The bacopa plants in the left was just extra left overs chucked in there from my other tank and are starting to take well now, I’ve even got a little red plant that seems to be doing well (well it’s red).

The moss on the lava rocks was cut back resently and is re growing this was due to algae (before the co2). The right hand side I have some subwassertang which was tided to rope (see marks shrimp tank on YouTube for this). This was for the shrimp but also to cover up the Hmf filter. 

The carpet plant is settling in now after having it for a while and enjoying the co2 but it is a slow grower, I did look at a old photo and it actually has grown a fair amount.

I hope some of this helps, but from what I’ve learnt with this tank cheaper lights can still work well, it’s all about the balance and getting it right.


----------



## PBM3000 (26 Apr 2018)

I'm setting up one of these currently, low-mid tech.  See sig.

When it comes to equipment I ALWAYS 'future-proof' by having adjustable stuff.  Adjustable filter, adjustable lighting (adjustable dosing) etc. 

What's that on the right? Riccia?


----------



## Furgan (26 Apr 2018)

PBM3000 said:


> What's that on the right? Riccia?



Süsswassertang


----------



## mooncake (3 May 2018)

Thank you both for your replies! Tank's looking good Furgan, and I'll be following the journal of your new one PBM.

I still haven't come to any conclusive decision regarding buying any equipment yet, and now it's sort of turned into a TMC or ADA possible tank purchase...  headache-inducing trying to finalise a choice!


----------



## Ray_Norwich (9 May 2018)

Hi Mooncake,  I started a Dennerle Scapers tank just over 5 weeks ago (pic below) using the Twinstar 450E and has been working well so far (touches hardscape).  Had it dimmed to about 50% output week one and then built up gradually to full beam which its been on for about three weeks now.  Pretty much zero algae, wood leaching a little bit of white stuff, but shrimp are dining out on it and I clean the rest easily during water changes.  I am running CO2 though and a Twinstar M5 so might need to adjust the lights accordingly to avoid algae.  Would highly recommend the lights; Plants seem to love them and they look nice.  Filter wise I'm just using an internal aquael filter (300 I think) which was damned ugly for the first couple of weeks but has almost disappeared now behind the Rotala H'Ra.  Overall, it's a really nice tank for the money and with the lights you have endless plant growing opportunities 

Good luck with getting your kit sorted out!


----------



## Zeus. (9 May 2018)

The dennerle HOB scrapers flow works well on mine.

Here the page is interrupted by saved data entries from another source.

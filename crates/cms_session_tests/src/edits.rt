// The editor, told what a session may tell it.
use cms_cases::{Ascii, Report};
use cms_edit::Editor;
use cms_ext::{ExtReply, ExtWant, Extension, Record, Records};
use cms_names::Name;
use cms_text::{LONGEST_TEXT, Line, Lines, ebcdic};
use std::alloc::Global;
use std::process::Abort;

/// What it is told: `E` and the rest of a line of EDIT, `S` and a subcommand of a procedure, `L` and a line of the loop, `F` and records, `W` that
/// its want is done, `C` and the code of a refusal. The answers are what it wants.
pub const ROWS: &str = "\
E N NOTE;F ALPHA,BETA;S LOCATE BETA;S CHANGE /ET/OT/;S INPUT GAMMA;S SAVE;W => \
get N NOTE 0;end 0;end 0;end 0;end 0;put N NOTE 0 ALPHA,BOTA,GAMMA;end 0
E A B C;F ONE,TWO;S DELETE;S REPLACE X;S CHANGE /O/X/;S TYPE;S UP 3;S TYPE 2;W => \
get A B 2;end 0;end 24;end 24;end 24;end 0;end 0;say ONE;end 0
E A B;F A,B,C;S BOTTOM;S TYPE 5;W;S DELETE 2;S TYPE;W;S NEXT 9;S TYPE;W => \
get A B 0;end 0;end 0;say C;end 0;end 0;say B;end 0;end 0;say B;end 0
E A B;F A,B,C,D;S NEXT 2;S DELETE 2;S TYPE 9;W;S UP;S TYPE 9;W;S DELETE 0;S DELETE 9;S SAVE => \
get A B 0;end 0;end 0;end 0;say D;end 0;end 0;say A,D;end 0;end 0;end 0;end 24
E A B;F X,Y,X;S LOCATE X;S LOCATE X;S UP;S TYPE;W;S BOTTOM;S LOCATE X;S TOP;S LOCATE Z => \
get A B 0;end 0;end 0;end 0;end 0;say Y;end 0;end 0;end 28;end 0;end 28
E A B;F A,B;S INPUT X;S NEXT;S INPUT  Y;S TOP;S TYPE 9;W => \
get A B 0;end 0;end 0;end 0;end 0;end 0;say X,A, Y,B;end 0
E A B;F {A,*10000};S INPUT X;S NEXT 10000;S DELETE;S INPUT X;S TYPE 2;W;S INPUT X => \
get A B 0;end 0;end 40;end 0;end 0;end 0;say X;end 0;end 40
E A B;F {A,*10001};W;S TOP;E => get A B 0;say ?EDIT: file does not fit;end 32;end 24;end 24
E A B;F {A*255};S NEXT;S CHANGE /A/BB/;S CHANGE /A//;S CHANGE /A/BB/;S CHANGE /B/C/;S TYPE;W => \
get A B 0;end 0;end 0;end 24;end 0;end 0;end 0;say CB{A*253};end 0
E A B;F {A*256};W => get A B 0;say ?EDIT: file does not fit;end 32
E A B;F ABA;S NEXT;S CHANGE XAXCX;S change /A/x/;S CHANGE //X/;S CHANGE /Q/X/;S TYPE;W => \
get A B 0;end 0;end 0;end 0;end 0;end 24;end 28;say CBx;end 0
E A B;F A;S NEXT;S CHANGE /A//;S CHANGE /A/B;S CHANGE /A/B/C;S CHANGE;S CHANGE A;S REPLACE QQ;S TYPE;W => \
get A B 0;end 0;end 0;end 24;end 24;end 24;end 24;end 24;end 0;say QQ;end 0
E A B;F A;S SAVE;C 36;S SAVE;W => get A B 0;end 0;put A B 0 A;end 36;put A B 0 A;end 0
E A B;F ONE;E;L NEXT;L TYPE;W;L JUNK;W;L SAVE;C 100;W;L SAVE;W;L END => \
get A B 0;end 0;ask;ask;say ONE;ask;say ?EDIT: JUNK;ask;put A B 0 ONE;say ?EDIT: SAVE;ask;put A B 0 ONE;ask;end 0
E A B;F ONE;E;L;E;L END X;W;L TOP => get A B 0;end 0;ask;end 0;ask;say ?EDIT: END X;ask;ask
E A B;F ONE;E;L {X*255};W => get A B 0;end 0;ask;say ?EDIT: {X*248};ask
E A B;C 28;S SAVE;S INPUT X;S SAVE;W => get A B 0;end 28;end 24;end 0;put A B 0 X;end 0
E A B;C 36;S TOP;E => get A B 0;end 36;end 24;end 24
E;S TOP;E A;E A B C1;E A B C D;E A B (;E ABCDEFGHI B => end 24;end 24;end 24;end 24;end 24;end 24;end 24
E A B;F X;E A;S TYPE 2;W;E C D;F Y;S TYPE 2;W => \
get A B 0;end 0;end 24;say X;end 0;get C D 0;end 0;say Y;end 0
E A B;F A,B;S NEXT 0001;S NEXT 1 2;S NEXT X;S NEXT 1234567890;S UP 999999999;S TOPP;S TOP 1;S next;S TYPE;W => \
get A B 0;end 0;end 0;end 24;end 24;end 24;end 0;end 24;end 24;end 0;say A;end 0
W;F A;L X;C 28 => end 24;end 24;end 24;end 24";

// A text as a line, which may not be too long.
fn line_of<R: Abort>(rt: &R, alloc: Global, text: &str) -> Line {
    let bytes = ebcdic(alloc, text).expect(rt, "memory");
    assert!(rt; bytes.len() <= LONGEST_TEXT, "a line is too long");
    Line::take(bytes)
}

// A line of EDIT.
fn edit_line<R: Abort>(rt: &R, alloc: Global, text: &str) -> Line {
    let line = format!(in alloc; "EDIT {text}").expect(rt, "memory");
    line_of(rt, alloc, line.as_str())
}

// Records, with a comma behind each but the last.
fn records_of<R: Abort>(rt: &R, alloc: Global, text: &str) -> Records {
    let mut records = Records::new(alloc);
    for part in text.split(",") {
        let bytes = ebcdic(alloc, part).expect(rt, "memory");
        if (1..=1000).contains(&bytes.len()) {
            records.push(Record::take(bytes)).expect(rt, "memory");
        }
    }
    records
}

// What it is told.
fn reply_of<R: Abort>(rt: &R, alloc: Global, step: &str) -> ExtReply {
    let text = step.split_once(" ").map_or("", |parts| parts.1);
    match step.as_bytes().first() {
        Some(b'E') => ExtReply::Start(edit_line(rt, alloc, text)),
        Some(b'S') => ExtReply::Sub(line_of(rt, alloc, text)),
        Some(b'L') => ExtReply::Got(line_of(rt, alloc, text)),
        Some(b'F') => ExtReply::File(records_of(rt, alloc, text)),
        Some(b'C') => ExtReply::Refused(text.parse().unwrap_or(0)),
        _ => ExtReply::Went,
    }
}

// Adds lines, with a text before the first and commas between.
fn push_lines(into: &mut Report, first: &str, lines: &Lines) {
    let mut before = first;
    for line in lines.as_slice() {
        into.push_str(before);
        into.ascii(line.bytes());
        before = ",";
    }
}

// Adds records, with a text before the first and commas between.
fn push_records(into: &mut Report, first: &str, records: &Records) {
    let mut before = first;
    for record in records.as_slice() {
        into.push_str(before);
        into.ascii(record.bytes());
        before = ",";
    }
}

// Adds what is done with a file, its name, and the number of its letter.
fn push_file(into: &mut Report, what: &str, name: &Name, letter: u8) {
    let (file, kind) = (Ascii(name.file.as_bytes()), Ascii(name.kind.as_bytes()));
    write!(into, "{what} {file} {kind} {}", letter % 10)
}

// Adds what it wants.
fn push_want(into: &mut Report, want: &ExtWant) {
    match want {
        ExtWant::Say(lines) => push_lines(into, "say ", lines),
        ExtWant::Ask => into.push_str("ask"),
        ExtWant::Get(name, letter) => push_file(into, "get", name, *letter),
        ExtWant::Put(name, letter, records) => {
            push_file(into, "put", name, *letter);
            push_records(into, " ", records)
        }
        ExtWant::Done(code) => write!(into, "end {code}"),
    }
}

// Adds what it wants behind what it is told, and a semicolon before it where something stands there.
fn push_step<R: Abort>(into: &mut Report, rt: &R, alloc: Global, editor: &mut Editor, step: &str) {
    let reply = reply_of(rt, alloc, step);
    let want = editor.turn(alloc, &reply).expect(rt, "memory");
    if !into.text().is_empty() {
        into.push(';');
    }
    push_want(into, &want)
}

/// Tells what a case comes to.
pub fn tell<R: Abort>(into: &mut Report, rt: &R, alloc: Global, case: &str) {
    let mut editor = Editor::new(alloc);
    for step in case.split(";") {
        push_step(into, rt, alloc, &mut editor, step);
    }
}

Easy to clean plus can raise the filter up slightly so the lily pipe creates more surface agitation at night, dropping it down in the morning OFC


----------



## mooncake (9 May 2018)

I ended up getting an ADA 60-P, which should be getting delivered tomorrow (funny how things spiral out of control...). But I paid a visit to the Aquatic Design Centre in London last weekend and saw the Scaper's tank in person, which did look fantastic! So that's definitely still on the cards if I'm ever on the lookout for another tank. I really love the depth of it. 

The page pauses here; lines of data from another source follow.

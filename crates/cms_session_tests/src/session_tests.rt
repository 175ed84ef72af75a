// Whole sessions, as transcripts.
use crate::transcript::check_sessions;
use crate::trial::{Trial, check_trials};
use std::test::Fail;

const SCRIPTS: &str = "# hello: 191,512,ro,A
> TYPE HELLO TEXT A
HELLO
WORLD
R;
# hello: 191,512,ro,A
> TYPE HELLO TEXT A\r\r
HELLO
WORLD
R;
>> * done
# hello: 191,512,ro,A
> TYPE NO TEXT A
CMS002E File NO TEXT A not found
R(00028);
# hello: 191,512,ro,A
> TYPE HELLO TEXT B
CMS069E Disk B is not accessed
R(00036);
# hello: 191,512,ro,A
> TYPE HELLO TEXT A
HELLO
WORLD
R;
> EXECIO 1 DISKR HELLO TEXT
R;
> TYPE HELLO TEXT A
CMS001E Unknown command HELLO
R(-0003);
HELLO
WORLD
R;
# hello: 191,512,ro,A
# hello: 191,512,ro,A
> * a comment
> 
>    
> 
>> * another
# hello, no label: 191,512,ro,A
> TYPE HELLO TEXT A
CMS069E Disk A is not accessed
R(00036);
# hello, varying: 191,512,ro,A
> TYPE HELLO TEXT A
CMS069E Disk A is not accessed
R(00036);
# hello, TYPE EXEC: 191,512,ro,A
> TYPE TYPE EXEC A
CMS086E Procedure TYPE is not run, reason 1
R(10101);
# hello: 192,512,ro,A
> TYPE HELLO TEXT A
CMS069E Disk A is not accessed
R(00036);
# hello, varying: 192,512,ro,A
# hello: 001,512,rw,A
> TYPE HELLO TEXT A
CMS069E Disk A is not accessed
R(00036);
# hello: FfF,512,ro,A
> * a comment
> ERASE HELLO TEXT A
CMS069E Disk A is not accessed
R(00036);
# hello: 191,512,ro,A
> TYPE ABCDEFGH IJKLMNOP A
CMS002E File ABCDEFGH IJKLMNOP A not found
R(00028);
> TYPE $#@+-:_0 A A
CMS002E File $#@+-:_0 A A not found
R(00028);
# hello: 191,1024,ro,A
> TYPE HELLO TEXT A
CMS069E Disk A is not accessed
R(00036);
# hello: 191,512,ro,N
> TYPE HELLO TEXT A
! World
# hello: 
> * a comment
! Usage(Syntax)
# hello: 000,512,ro,A
> * a comment
! Usage(Unit(1))
# hello: -t 191,512,ro,A
> * a comment
! Usage(Syntax)
# hello: -t 0 191,512,ro,A
> * a comment
! Usage(Turns)
# hello: -z W0060 191,512,ro,A
> * a comment
! Usage(Zone)
# hello: 191,512,ro,A 191,512,ro,N
> * a comment
! Usage(Twice(401))
# hello: -g 2147483648 191,512,ro,A
> * a comment
! Usage(Seed)
# hello: 191,512,n9,N
> TYPE HELLO TEXT A
CMS069E Disk A is not accessed
R(00036);
# hello: 191,512,ro,A
> FROB
CMS001E Unknown command FROB
R(-0003);
> frob(x
CMS001E Unknown command FROB
R(-0003);
>  * X
CMS001E Unknown command *
R(-0003);
> (
CMS001E Unknown command (
R(-0003);
> TYPES X
CMS001E Unknown command TYPES
R(-0003);
# hello: 191,512,ro,A
> ex hello
CMS002E File HELLO EXEC * not found
R(00028);
# hello: 191,512,ro,A
> COPY HELLO TEXT A = = B
CMS069E Disk B is not accessed
R(00036);
# hello: 191,512,ro,A
> TYPE HELLO\u{7} TEXT A
CMS010E Line has an invalid character
R(00020);
> * \u{7}f
CMS010E Line has an invalid character
R(00020);
# hello: -g 1 191,512,ro,A
> TYPE HELLO TEXT A
CMS037E Disk A is read-only
R(00036);
CMS001E Unknown command YES
R(-0003);
CMS001E Unknown command GEN001
R(-0003);
CMS037E Disk A is read-only
R(00036);
CMS037E Disk A is read-only
R(00036);
CMS037E Disk A is read-only
R(00036);
CMS037E Disk A is read-only
R(00036);
CMS037E Disk A is read-only
R(00036);
CMS037E Disk A is read-only
R(00036);
CMS002E File GEN EXEC * not found
R(00028);
LABEL  VDV M STA BLKSZ  FILES     USED     FREE    TOTAL
TEST01 191 A R/O   512      1        7        2        9
R;
# hello: 191,512,ro,A -t 2
> TYPE HELLO TEXT A
HELLO
WORLD
R;
> 
# hello: -t 2 191,512,ro,A
> TYPE HELLO TEXT A
HELLO
WORLD
R;
> 
> * one more
! Turns
";

// Long lines and many of them.
const LONG: &str = "# hello: 191,512,ro,A
> {**255}
> { *255}
> {**255}\r\r
> TYPE HELLO TEXT A
HELLO
WORLD
R;
>> { *255}
# hello: -t 1000 191,512,ro,A
> TYPE HELLO TEXT A
HELLO
WORLD
R;
{> *
*1000}! Turns
# hello: -t 3 191,512,ro,A
> {X*600}
CMS011E Line is longer than 255 bytes
R(00020);
# hello: -t 2 191,512,ro,A
> {X*600}
CMS011E Line is longer than 255 bytes
R(00020);
! Turns
";

// Records are typed as they are read, and no more is read than is typed.
const READ: &str = "# long records: 191,512,ro,A
> TYPE L FILE A
{A*512}
{B*512}
{C*512}
R;
! Done arrrrinrororooi
# long records: 191,512,ro,A
^ 8
> TYPE L FILE A
CMS105E Device fault on 191
R(00100);
> TYPE L FILE A
{A*512}
{B*512}
{C*512}
R;
# long records: 191,512,ro,A
^ 10
> TYPE L FILE A
{A*512}
CMS105E Device fault on 191
R(00100);
> TYPE L FILE A
{A*512}
{B*512}
{C*512}
R;
# long records: 191,512,ro,A
^ 12
> TYPE L FILE A
{A*512}
{B*512}
CMS105E Device fault on 191
R(00100);
> TYPE L FILE A
{A*512}
{B*512}
{C*512}
R;
# long records: 191,512,ro,A
> TYPE L FILE A 1 2 (COL 1-1
A
B
R;
! Done arrrrinrorooi
# long records: 191,512,ro,A
> TYPE L FILE A 2 (COL 1-1
B
C
R;
! Done arrrrinrrorooi
# long records: 191,512,ro,A
> TYPE L FILE A 4
CMS070E Operand 4 is not valid
R(00024);
! Done arrrrinooi
# spanning, stars: 191,512,ro,A
> TYPE V FILE A
{**508}A
ABC
R;
! Done arrrrrrinrorooi
# long directory: 191,512,ro,A
> TYPE G FILE A
HELLO
R;
! Done arrrrrrrrrrrrinrooi
# wide: 191,512,ro,A
> TYPE FILE0001 TEXT A
0001
R;
> TYPE FILE0020 TEXT A
0020
R;
! Done arrrrrrrrinroonrooi
";

// Volumes of each block size with a full directory block, two of them as large as one map block allows.
const WIDE: &str = "# many of 512: 191,512,rw,A
> TYPE FILE0006 TEXT A
0006
R;
> ERASE FILE0006 TEXT A
R;
> TYPE FILE0006 TEXT A
CMS002E File FILE0006 TEXT A not found
R(00028);
> TYPE FILE0001 TEXT A
{1
*512}R;
# many of 1024: 191,1024,rw,A
> TYPE FILE0014 TEXT A
0014
R;
> ERASE FILE0014 TEXT A
R;
> TYPE FILE0014 TEXT A
CMS002E File FILE0014 TEXT A not found
R(00028);
> TYPE FILE0001 TEXT A
{1
*1024}R;
# many of 2048: 191,2048,rw,A
> TYPE FILE0030 TEXT A
0030
R;
> ERASE FILE0030 TEXT A
R;
> TYPE FILE0030 TEXT A
CMS002E File FILE0030 TEXT A not found
R(00028);
> TYPE FILE0001 TEXT A
{1
*2048}R;
# many of 4096: 191,4096,rw,A
> TYPE FILE0062 TEXT A
0062
R;
> ERASE FILE0062 TEXT A
R;
> TYPE FILE0062 TEXT A
CMS002E File FILE0062 TEXT A not found
R(00028);
> TYPE FILE0001 TEXT A
{1
*4096}R;
";

#[test]
fn scripts_are_typed(rt: HostRuntime) -> Result<(), Fail> {
    check_sessions(&rt, rt.alloc(), &[SCRIPTS, LONG, READ, WIDE])
}

// A file is typed.
const TYPED: Trial = Trial {
    images: "hello",
    words: "191,512,ro,A",
    transcript: "> TYPE HELLO TEXT A
HELLO
WORLD
R;
",
    // the attaching, the opening, the script and the turn; the file's block, its records, the ready line and the script's end
    calls: b"arrrinroooi",
    look: ["191,512,ro,A", "TYPE HELLO TEXT A\n"],
    states: "# file
HELLO
WORLD
R;
",
    moments: "# 0 6 file file file file
",
    faults: "# 1 1 file file
# 2 4 file file
CMS069E Disk A is not accessed
R(00036);
# 5 6 file file
# 7 7 file file
CMS105E Device fault on 191
R(00100);
# 8 11 file file
",
};

#[test]
fn each_call_fails_in_turn(rt: HostRuntime) -> Result<(), Fail> {
    check_trials(&rt, rt.alloc(), &[TYPED])
}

I think I'm still leaning towards the Twinstar light. It's just the cost of it that makes me shudder a little. It's barely any more money to pick up an ADA Aquasky from TGM since it's on sale at the moment, but lack of ability to dim it has to rule it out as an option. 

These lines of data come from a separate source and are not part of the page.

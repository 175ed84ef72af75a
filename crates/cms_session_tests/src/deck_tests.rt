// Sessions with decks of cards, as transcripts.
use crate::transcript::check_sessions;
use std::test::Fail;

// A file goes from a disk to another as it is. What was dumped can be punched as cards again, but for a changed one.
const DUMPED: &str = "# one file + blank
> ACCESS 192 B
R;
> DISK DUMP A FILE A
R;
> DISK LOAD B
R;
> TYPE A FILE B
HELLO
R;
> DISK LOAD B
CMS124E Reader is empty
R(00028);
> DISK DUMP A FILE
R;
> READCARD DUMP CARDS B
R;
> ERASE A FILE B
R;
> PUNCH DUMP CARDS B (NOHEADER
R;
> DISK LOAD B5
R;
> LISTFILE A FILE B (FORMAT NOHEADER
A        FILE     B1 V     5
R;
> PUNCH DUMP CARDS B
R;
> DISK LOAD B
CMS125E Deck is not a dump
R(00032);
> READCARD AGAIN CARDS B
R;
> COPYFILE AGAIN CARDS B LOW CARDS B (LOWCASE
R;
> PUNCH LOW CARDS B (NOHEADER
R;
> DISK LOAD B
CMS125E Deck is not a dump
R(00032);
";

// Records as cards, with a header and without one; a file that is there keeps its number.
const PUNCHED: &str = "# texts
> READCARD C CARDS
CMS124E Reader is empty
R(00028);
> PUNCH ALPHA TEXT
R;
> PU BETA DATA (NOHEADER
R;
> PUNCH ALPHA TEXT A (NOHEADER HEADER
R;
> DISK LOAD
CMS125E Deck is not a dump
R(00032);
> READ C CARDS
R;
> TYPE C CARDS
HELLO{ *75}
WORLD{ *75}
R;
> LISTFILE C CARDS A (FORMAT NOHEADER
C        CARDS    A1 F    80
R;
> READCARD D CARDS A2
R;
> TYPE D CARDS
A{ *79}
BC{ *78}
DEF{ *77}
GHIJ{ *76}
R;
> READCARD D CARDS A4
R;
> LISTFILE D CARDS A (FORMAT NOHEADER
D        CARDS    A2 F    80
R;
> READCARD D CARDS
CMS124E Reader is empty
R(00028);
# texts
> EXECIO 1 DISKW TOLD FILE A (STRING :READ  X
R;
> PUNCH TOLD FILE (NOHEADER
R;
> READCARD C CARDS
R;
> TYPE C CARDS
:READ  X{ *72}
R;
> PUNCH TOLD FILE
R;
> READCARD C CARDS
R;
> TYPE C CARDS
:READ  X{ *72}
R;
> EXECIO 1 DISKW TOLD FILE A (STRING Y
R;
> PUNCH TOLD FILE (NOHEADER
R;
> READCARD C CARDS
R;
> TYPE C CARDS
Y{ *79}
R;
";

// Records may fill a card and no more, but for those that are dumped.
const WIDE: &str = "# blank
> EXECIO 1 DISKW WIDE FILE A (STRING {X*80}
R;
> PUNCH WIDE FILE (NOHEADER
R;
> READCARD C CARDS
R;
> TYPE C CARDS
{X*80}
R;
> EXECIO 1 DISKW WIDE FILE A (STRING {Y*81}
R;
> PUNCH WIDE FILE
CMS123E File has records longer than 80
R(00032);
> DISK DUMP WIDE FILE
R;
> ERASE WIDE FILE
R;
> DISK LOAD
R;
> TYPE WIDE FILE
{X*80}
{Y*81}
R;
";

// A dump has a card for each 72 bytes of its text, of which 37 are its header.
const PIECES: &str = "# blank
> EXECIO 1 DISKW A FILE A (STRING {X*33}
R;
> EXECIO 1 DISKW B FILE A (STRING {X*34}
R;
> EXECIO 1 DISKW C FILE A (STRING {X*105}
R;
> EXECIO 1 DISKW D FILE A (STRING {X*106}
R;
> DISK DUMP A FILE
R;
> DISK DUMP B FILE
R;
> DISK DUMP C FILE
R;
> DISK DUMP D FILE
R;
> READCARD ON CARDS
R;
> LISTFILE ON CARDS A (ALLOC NOHEADER
ON       CARDS    A1 F    80        1        1
R;
> READCARD ON CARDS
R;
> LISTFILE ON CARDS A (ALLOC NOHEADER
ON       CARDS    A1 F    80        2        1
R;
> READCARD ON CARDS
R;
> LISTFILE ON CARDS A (ALLOC NOHEADER
ON       CARDS    A1 F    80        2        1
R;
> READCARD ON CARDS
R;
> LISTFILE ON CARDS A (ALLOC NOHEADER
ON       CARDS    A1 F    80        3        1
R;
> PUNCH ON CARDS (NOHEADER
R;
> ERASE D FILE
R;
> DISK LOAD
R;
> TYPE D FILE
{X*106}
R;
";

// There are 20 decks, and no further one, until one is taken.
const FILLED: &str = "# texts
{> PUNCH ALPHA TEXT
R;
*20}> PUNCH BETA DATA
CMS120E Limit 6 reached
R(00040);
> DISK DUMP BETA DATA
CMS120E Limit 6 reached
R(00040);
> DISK LOAD
CMS125E Deck is not a dump
R(00032);
> PUNCH BETA DATA
CMS120E Limit 6 reached
R(00040);
> READCARD C CARDS
R;
> PUNCH BETA DATA
R;
> PUNCH BETA DATA
CMS120E Limit 6 reached
R(00040);
{> READCARD C CARDS
R;
*20}> TYPE C CARDS (COL 1-4
A{ *3}
BC{ *2}
DEF{ *1}
GHIJ
R;
> READCARD C CARDS
CMS124E Reader is empty
R(00028);
";

// Nothing is erased, whatever its mode number, and a number goes with a dump, also over a file that is there.
const KEPT: &str = "# once + blank
> ACCESS 192 B
R;
> PUNCH P FILE
R;
> DISK DUMP W FILE
R;
> DISK DUMP K FILE
R;
> STATE P FILE A3
R;
> STATE W FILE A3
R;
> READCARD C CARDS B3
R;
> EXECIO 1 DISKW W FILE B (STRING OLD
R;
> LISTFILE W FILE B (FORMAT NOHEADER
W        FILE     B1 V     3
R;
> DISK LOAD B
R;
> DISK LOAD B
R;
> LISTFILE C CARDS B (FORMAT NOHEADER
C        CARDS    B3 F    80
R;
> LISTFILE W FILE B (FORMAT NOHEADER
W        FILE     B3 F     5
R;
> LISTFILE K FILE B (FORMAT NOHEADER
K        FILE     B4 V     1
R;
";

// What is refused, in which order.
const REFUSED: &str = "# once
> PUNCH
CMS054E Operand is missing
R(00024);
> PUNCH P FILE A X
CMS070E Operand X is not valid
R(00024);
> PUNCH P FILE A (CARD
CMS003E Option CARD is not valid
R(00024);
> PUNCH P FILE D
CMS069E Disk D is not accessed
R(00036);
> PUNCH NO FILE
CMS002E File NO FILE A not found
R(00028);
> READCARD X
CMS054E Operand is missing
R(00024);
> READCARD X FILE *
CMS048E Mode * is not valid
R(00024);
> READCARD X FILE A (HEADER
CMS003E Option HEADER is not valid
R(00024);
> READCARD X FILE D
CMS069E Disk D is not accessed
R(00036);
> DISK
CMS054E Operand is missing
R(00024);
> DISK LOOK
CMS070E Operand LOOK is not valid
R(00024);
> DISK DUMP P
CMS054E Operand is missing
R(00024);
> DISK DUMP NO FILE
CMS002E File NO FILE A not found
R(00028);
> DISK LOAD *
CMS048E Mode * is not valid
R(00024);
> DISK LOAD D
CMS069E Disk D is not accessed
R(00036);
> DISK LOAD A X
CMS070E Operand X is not valid
R(00024);
> P
CMS001E Unknown command P
R(-0003);
> REA
CMS001E Unknown command REA
R(-0003);
> DIS
CMS001E Unknown command DIS
R(-0003);
# once: 191,512,ro,A
> READCARD X FILE
CMS037E Disk A is read-only
R(00036);
> DISK LOAD
CMS037E Disk A is read-only
R(00036);
> PUNCH P FILE
R;
> READCARD X FILE
CMS037E Disk A is read-only
R(00036);
# once, none free + blank
> PUNCH P FILE
R;
> READCARD X FILE
CMS107E Disk A is full, 2 blocks needed, 0 free
R(00100);
> ACCESS 192 B
R;
> READCARD X FILE B
R;
> TYPE X FILE B
X{ *79}
Y{ *79}
R;
";

// Decks stay from a procedure's statement to the next, and from a procedure to another.
const RUN: &str = "# texts
@ OUT
| &TRACE OFF
| PUNCH &1 &2
| &EXIT 7
@ IN
| &TRACE OFF
| READCARD NO FILE D
| &TYPE &RC
| READCARD &1 CARDS
| &TYPE &RC
> OUT ALPHA TEXT
R(00007);
> IN X
CMS069E Disk D is not accessed
36
0
R;
> IN X
CMS069E Disk D is not accessed
36
CMS124E Reader is empty
28
R;
> TYPE X CARDS
HELLO{ *75}
WORLD{ *75}
R;
";

#[test]
fn files_go_by_cards(rt: HostRuntime) -> Result<(), Fail> {
    check_sessions(
        &rt,
        rt.alloc(),
        &[DUMPED, PUNCHED, WIDE, PIECES, FILLED, KEPT, REFUSED, RUN],
    )
}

Tank's looking really nice Ray!


----------



## ADGScapes (31 Dec 2018)

Hello this was my 50L scapers tank, I was using a twinstar 450E which needed a dimmer. I used it without and suffered from algae very badly.
I also was running the scapers flow filter (which I still use) and it's an amazing filter!


----------



## Geoffrey Rea (31 Dec 2018)

Hi, bit late to the party on this post but wanted to show some love for the Dennerle 55ltr scapers tank. Great little aquarium for the money. However, I understand why the OP went with the ADA 60P  Running my scapers tank with a Twinstar 450e but like previously mentioned wouldn’t have fancied starting out without the dimmer. Definitely a solid choice with the dimmer though, need that control early on to avoid algae issues.


----------